17 pemeliharaannya sebagian besar masih bersifat tradisional-ekstensif. Ayam-ayam tersebut dilepas secara bebas di lingkungan. Sehingga perlu dilakukan tindakantindakan pencegahan. Menurut Suryana 2008, ada dua cara untuk mengatasi penyakit pada ayam buras, yaitu dengan program pengendalian dan pembasmian. Program pengendalian meliputi: 1) menjauhkan ternak dari kemungkinan tertular penyakit yang berbahaya, 2) meningkatkan daya tahan tubuh ternak dengan vaksinasi, pengelolaan dan pengawasan yang baik, dan 3) melakukan diagnosis dini secara cepat dan tepat. Program pembasmian penyakit dapat dilakukan melalui: 1) test and slaughter, yaitu apabila ternak dicurigai positif menderita penyakit pulorum, CRD atau lainnya harus dimusnahkan, 2) test and treatment, bila diketahui ada penyakit dilakukan pengobatan, dan 3) stamping out, yaitu bila terjadi kasus penyakit menular dan menyerang seluruh ayam di peternakan, maka ayam, kandang, dan peralatan harus dimusnahkan. Menurut Hadi (2001) salah satu usaha untuk mencegah dan mengendalikan penyakit pada ayam adalah melalui program biosecurity. Program ini dipandang sebagai cara termurah dan efektif. Bahkan tidak satupun program pengendalian penyakit dapat berjalan baik tanpa disertai program biosecutity. Asal kata biosecurity yaitu bio artinya hidup dan security artinya perlindungan atau pengamanan.

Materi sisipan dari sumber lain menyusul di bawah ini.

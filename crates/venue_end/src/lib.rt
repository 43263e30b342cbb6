//! The venue's end of a unit: its venue, the messages and images that can be looked up, the budget
//! of gap requests, and any number of sessions with its proxy and with its Spin Server. It waits
//! for nothing and calls nothing.
//!
//! A [`VenueEnd`] stands for the list of all that came to it, whatever that is: each call gives the
//! list with one thing more, and what it hands out is what the definitions say of that.
//!
//! Whoever owns the sockets makes one for each unit, gives each connection a number, hands over its
//! bytes, puts what waits for it, and calls `second` once a second.
//!
//! Its sessions alone are [`Servers`], for a unit whose messages and images are elsewhere: they
//! answer from any [`VenueSide`].
#![tactic(auto)]

mod laws;
mod proxies;
mod servers;
mod setup;
mod side;
mod spins;
mod table;
mod venue;

pub use crate::laws::images_are_the_venues;
pub use crate::servers::Servers;
pub use crate::setup::VenueSetup;
pub use crate::side::VenueSide;
pub use crate::venue::VenueEnd;
pub use session_ends::{Account, CloseCause, Closed};
pub use venue_core::VenueError;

Jadi biosecurity adalah sejenis program yang dirancang untuk melindungi kehidupan. Dalam arti yang sederhana kalau untuk peternakan ayam adalah membuat kuman atau agen penyakit jauh dari tubuh ayam dan menjaga ayam jauh dari kuman. Pelaksanaan program biosecurity meliputi kontrol lalu lintas hewan, vaksinasi, pencucian kandang ayam, kontrol terhadap pakan, kontrol air, kontrol limbah (sisa-sisa produksi) dan ayam mati. Salah satu cara pengendalian yang dianggap mampu menekan kejadian mycoplasmosis pada ayam adalah dengan cara vaksinasi. Salah satu vaksin yang pernah diuji lapang dapat mencegah infeksi Mycoplasma gallisepticum pada ayam, adalah vaksin inaktif Mycoli. Vaksin ini memilki efektifitas yang baik untuk perlindungan terhadap infeksi Mycoplasma gallisepticum dari luar, meningkatkan berat badan, dan meningkatkan efisiensi pakan (Soeripto 2006). Menurut Soeripto (2009) salah satu vaksin yang baru ditemukan adalah vaksin Mutan MGTS 11, yang merupakan isolat Mycoplasma gallisepticum yang telah

18 diproses dengan kondisi tertentu. Menurut Withear (1996) baik vaksin aktif maupun inaktif Mycoplasma gallisepticum dapat digunakan untuk menekan kejadian mycoplasmosis. Pada umumnya hampir semua vaksin bertujuan untuk mencegah penurunan produksi telur, menghindari kerugian akibat tindakan eradikasi, dan mencegah transmisi penyakit ke ayam sehat lainnya (CFSPH 2007). Tetapi vaksin aktif MGTS-11 dinilai lebih efektif dibandingkan dengan vaksin inaktif karena vaksin ini memiliki daya proteksi yang lebih baik, bersifat avirulen, dan daya sebar ke unggas lainnya yang rendah (Kleven 2005). Salah satu program pengobatan yang dapat dilakukan adalah dengan pemberian antibiotik. Beberapa antibiotik yang sering digunakan antara lain, yaitu makrolida, tetrasiklin, dan fluoroquinolon. Tetapi bakteri ini resisten terhadap antibiotik yang memiliki target pada dinding sel (Songer 2005).